■ **Description of the task**
Search the data for "struct". Each line containing it is to be copied.

■ **Stored data**
══════
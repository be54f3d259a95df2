//! The bytes of the store's files.
ghost use Rattle.std.specs.Prelude.{◌≡◌};

use std::marker::Model;

/// The bytes of a file.
#[derive(Debug, Drop)]
pub struct FileBytes {
    bytes: Vec<u8>,
}

impl Model for FileBytes {
    ghost use Rattle.std.specs.Prelude.{List, ℕ};

    ghost Value = { List ℕ };

    ghost view = { λ f. f.bytes.items };
}

impl FileBytes {
    pub fn new(bytes: Vec<u8>) -> FileBytes
        ensures { result ≡ bytes.items }
    {
        FileBytes { bytes }
    }

    pub fn as_slice(&self) -> &[u8]
        ensures { result.now ≡ self.now }
    {
        &self.bytes
    }
}

/// The store's four files: two snapshots, and two logs.
#[derive(Debug, Drop)]
pub struct Files {
    pub s0: FileBytes,
    pub l0: FileBytes,
    pub s1: FileBytes,
    pub l1: FileBytes,
}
══════
■ **Completed task**
pub struct FileBytes {
pub struct Files {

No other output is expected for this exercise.